Paul would have been bemused. It was true he had his differences with Peter, over whether new Christians had to sign up to Jewish laws on diet and circumcision, for example. But he saw such differences as superficial. The death and resurrection of Jesus Christ, as he saw it, was a central turning point in history which abolished the kind of cultural and theological distinctions the Reformation later created.

One of the many paradoxes about Paul was that, for a man who founded a theology, he did not write like a theologian. His style is like that of a modern philosopher, thriving on debate, challenging the status quo almost as a matter of reflex. To use Edward Stourton's phrase, he was a restless thinker, "constantly agonizing and driving his ideas up experimental alleyways which sometimes turn out to lead nowhere".

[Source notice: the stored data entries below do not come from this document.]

//! In which states items are held, and a server is asked otherwise.

ghost use Rattle.std.specs.Prelude.{◌≡◌};
ghost use Rattle.v6_client.specs.Clients as clients;

use crate::states::State6;
use v6_items::Scope6;

/// Which items of the kept lease are the client's own.
pub(crate) fn scope_of(state: State6) -> Scope6
    ensures { result ≡ clients.scope_of state }
{
    match state {
        State6::Off
        | State6::Waiting { .. }
        | State6::Soliciting { .. }
        | State6::Requesting { .. } => Scope6::Nothing,
        State6::Bound
        | State6::Renewing { .. }
        | State6::Rebinding { .. }
        | State6::Declining { .. } => Scope6::All,
        State6::Restarting { since, stands, .. } => {
            if stands {
                Scope6::All
            } else {
                Scope6::Since(since)
            }
        }
    }
}

/// Which items of the kept lease a Reply meets: in a restart those that are valid, whether they are held or not.
pub(crate) fn met_scope(state: State6) -> Scope6
    ensures { result ≡ clients.met_scope state }
{
    match state {
        State6::Off
        | State6::Waiting { .. }
        | State6::Soliciting { .. }
        | State6::Requesting { .. } => Scope6::Nothing,
        State6::Bound
        | State6::Renewing { .. }
        | State6::Rebinding { .. }
        | State6::Declining { .. } => Scope6::All,
        State6::Restarting { since, .. } => Scope6::Since(since),
    }
}

/// Whether items are held in the state.
pub(crate) fn holds(state: State6) -> bool
    ensures { result ≡ clients.holds state }
{
    match scope_of(state) {
        Scope6::All => true,
        Scope6::Nothing | Scope6::Since(_) => false,
    }
}

/// Whether a server is asked that isn't asked for held items.
pub(crate) fn pleads(state: State6) -> bool
    ensures { result ≡ clients.pleads state }
{
    match state {
        State6::Soliciting { .. } | State6::Requesting { .. } | State6::Declining { .. } => true,
        State6::Off
        | State6::Waiting { .. }
        | State6::Bound
        | State6::Renewing { .. }
        | State6::Rebinding { .. }
        | State6::Restarting { .. } => false,
    }
}

pub(crate) fn is_off(state: State6) -> bool
    ensures { result ≡ clients.is_off state }
{
    match state {
        State6::Off => true,
        State6::Waiting { .. }
        | State6::Soliciting { .. }
        | State6::Requesting { .. }
        | State6::Bound
        | State6::Renewing { .. }
        | State6::Rebinding { .. }
        | State6::Restarting { .. }
        | State6::Declining { .. } => false,
    }
}

pub(crate) fn is_restarting(state: State6) -> bool
    ensures { result ≡ clients.is_restarting state }
{
    match state {
        State6::Restarting { .. } => true,
        State6::Off
        | State6::Waiting { .. }
        | State6::Soliciting { .. }
        | State6::Requesting { .. }
        | State6::Bound
        | State6::Renewing { .. }
        | State6::Rebinding { .. }
        | State6::Declining { .. } => false,
    }
}

/// Whether no answer to a restart is waited for any longer.
pub(crate) fn is_at_end(at: u64, state: State6) -> bool
    ensures { result ≡ clients.is_at_end at state }
{
    match state {
        State6::Restarting { end, .. } => end <= at,
        State6::Off
        | State6::Waiting { .. }
        | State6::Soliciting { .. }
        | State6::Requesting { .. }
        | State6::Bound
        | State6::Renewing { .. }
        | State6::Rebinding { .. }
        | State6::Declining { .. } => false,
    }
}

pub(crate) fn is_declining(state: State6) -> bool
    ensures { result ≡ clients.is_declining state }
{
    match state {
        State6::Declining { .. } => true,
        State6::Off
        | State6::Waiting { .. }
        | State6::Soliciting { .. }
        | State6::Requesting { .. }
        | State6::Bound
        | State6::Renewing { .. }
        | State6::Rebinding { .. }
        | State6::Restarting { .. } => false,
    }
}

He seldom quotes Jesus directly and he does not refer much to what he said or did; his concern is what Christ's life, death and resurrection meant. His voice is that of a prophet - divinely inspired, rather than the carrier of someone else's message. There is, about his style, says Stourton, a lapidary quality, a drama and a finality about his phrasing which makes everything he says "sound like declarations of absolute truth".

But he was a man of his time in other ways too. He complains about men who wear their hair too long, tells women to keep silent and condemns homosexual acts. His words have been used to justify, , among other things, slavery, homophobia, the subjugation of women (although many modern scholars argue that he championed the cause of women church leaders) and oddly - considering he was Jewish - anti-semitism.

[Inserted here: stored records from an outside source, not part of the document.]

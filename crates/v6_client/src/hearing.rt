//! What a client does with a message that was judged.

ghost use Rattle.std.specs.Prelude.{◌≡◌};
ghost use Rattle.v6_client.specs.Hearing as hearing;
ghost use Rattle.v6_client.specs.Times.{FitsTurn};

use crate::exchange::Exchange6;
use crate::states::{Answer6, News6, State6, Step6};
use crate::steps::{binds, emptied, expires, requests, rests, to_waiting};
use crate::turn::Turn6;

/// An offer of this preference is taken at once (RFC 8415, section 18.2.1).
pub const HIGHEST_PREFERENCE: u8 = 255;

/// Whether an offer is taken at once: it has the highest preference, or comes after a second SOLICIT.
fn is_taken_at_once(exchange: Exchange6, preference: u8) -> bool
    ensures { result ≡ hearing.is_taken_at_once exchange preference }
{
    preference == HIGHEST_PREFERENCE || exchange.sent >= 2
}

/// Whether an offer is the first, or is preferred to the one that is kept.
fn is_better(offer: Option<u8>, preference: u8) -> bool
    ensures { result ≡ hearing.is_better offer preference }
{
    match offer {
        Some(kept) => kept < preference,
        None => true,
    }
}

/// Whether the message is an offer that the client keeps.
pub(crate) fn is_kept_offer(answer: Answer6, state: State6) -> bool
    ensures { result ≡ hearing.is_kept_offer answer state }
{
    match (answer, state) {
        (Answer6::Offer { preference }, State6::Soliciting { exchange, offer }) => {
            is_taken_at_once(exchange, preference) || is_better(offer, preference)
        }
        _ => false,
    }
}

fn offered(turn: Turn6, exchange: Exchange6, offer: Option<u8>, preference: u8) -> Step6
    requires { FitsTurn turn }
    ensures { result ≡ hearing.offered turn exchange offer preference }
{
    if is_taken_at_once(exchange, preference) {
        return requests(turn);
    }
    if is_better(offer, preference) {
        let state = State6::Soliciting {
            exchange,
            offer: Some(preference),
        };
        return rests(turn, state);
    }
    rests(turn, State6::Soliciting { exchange, offer })
}

/// In Soliciting.
fn solicited(turn: Turn6, exchange: Exchange6, offer: Option<u8>, answer: Answer6) -> Step6
    requires { FitsTurn turn }
    ensures { result ≡ hearing.solicited turn exchange offer answer }
{
    match answer {
        Answer6::Offer { preference } => offered(turn, exchange, offer, preference),
        // a Reply at once
        Answer6::Grants => binds(turn, News6::Bound),
        Answer6::Empties => to_waiting(turn),
        Answer6::Nothing | Answer6::Keeps => rests(turn, State6::Soliciting { exchange, offer }),
    }
}

/// Where a Reply is waited for. `emptied` is the step where no item is left.
fn replied(turn: Turn6, news: News6, emptied: Step6, state: State6, answer: Answer6) -> Step6
    ensures { result ≡ hearing.replied turn news emptied state answer }
{
    match answer {
        Answer6::Grants => binds(turn, news),
        Answer6::Empties => emptied,
        Answer6::Nothing | Answer6::Offer { .. } | Answer6::Keeps => rests(turn, state),
    }
}

/// In Declining.
fn declined(turn: Turn6, state: State6, answer: Answer6) -> Step6
    requires { FitsTurn turn }
    ensures { result ≡ hearing.declined turn state answer }
{
    match answer {
        // what is left is held
        Answer6::Keeps => rests(turn, State6::Bound),
        Answer6::Empties => expires(turn),
        Answer6::Nothing | Answer6::Offer { .. } | Answer6::Grants => rests(turn, state),
    }
}

/// A message that says `answer` to a client in this state.
pub(crate) fn heard_row(turn: Turn6, answer: Answer6, state: State6) -> Step6
    requires { FitsTurn turn }
    ensures { result ≡ hearing.heard_row turn answer state }
{
    match state {
        // an Advertise, or a Reply at once
        State6::Soliciting { exchange, offer } => solicited(turn, exchange, offer, answer),
        // a Reply
        State6::Requesting { .. } => {
            replied(turn, News6::Bound, to_waiting(turn), state, answer)
        }
        State6::Renewing { .. } => replied(turn, News6::Renew, expires(turn), state, answer),
        State6::Rebinding { .. } => replied(turn, News6::Rebind, expires(turn), state, answer),
        State6::Restarting { stands, .. } => {
            replied(turn, News6::Reboot, emptied(turn, stands), state, answer)
        }
        State6::Declining { .. } => declined(turn, state, answer),
        // no answer is waited for
        State6::Off | State6::Waiting { .. } | State6::Bound => rests(turn, state),
    }
}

Yet in the midst of all that is a vision which appeals even to a secular rationalist like Howard Brenton who rejects Christ's divinity or the miraculous content of Christianity. The playwright agonises over this, stuck as he is on the horns of the modern dilemma that religion must either be true or false. Jesus must have been Mad, Bad, or God, as C S Lewis put it in those oft-quoted Alpha leaflets - a form of reductionism which ignores the possibility that religious truths exist in a third realm of spiritual insight.

But Brenton has a poet's itch. When his Paul is confronted by a group of glum Corinthians wrangling about sex and diet he delivers one of the most famous passages in literature:

"If I have all faith, so as to remove mountains, but have no love, I am nothing. Love is patient and kind; it is not jealous or conceited or proud; love is not ill-mannered or selfish or irritable; love does not keep a record of wrongs... love is not happy with evil, but is happy with the truth. Love never gives up... and its faith, hope and patience never ends."

Brenton wants his audience to be as moved as he clearly is. "Paul invented and defined the concept of love," the dramatist says. "He was a moral genius."

In such a fashion, each generation reinvents Paul to meet its needs.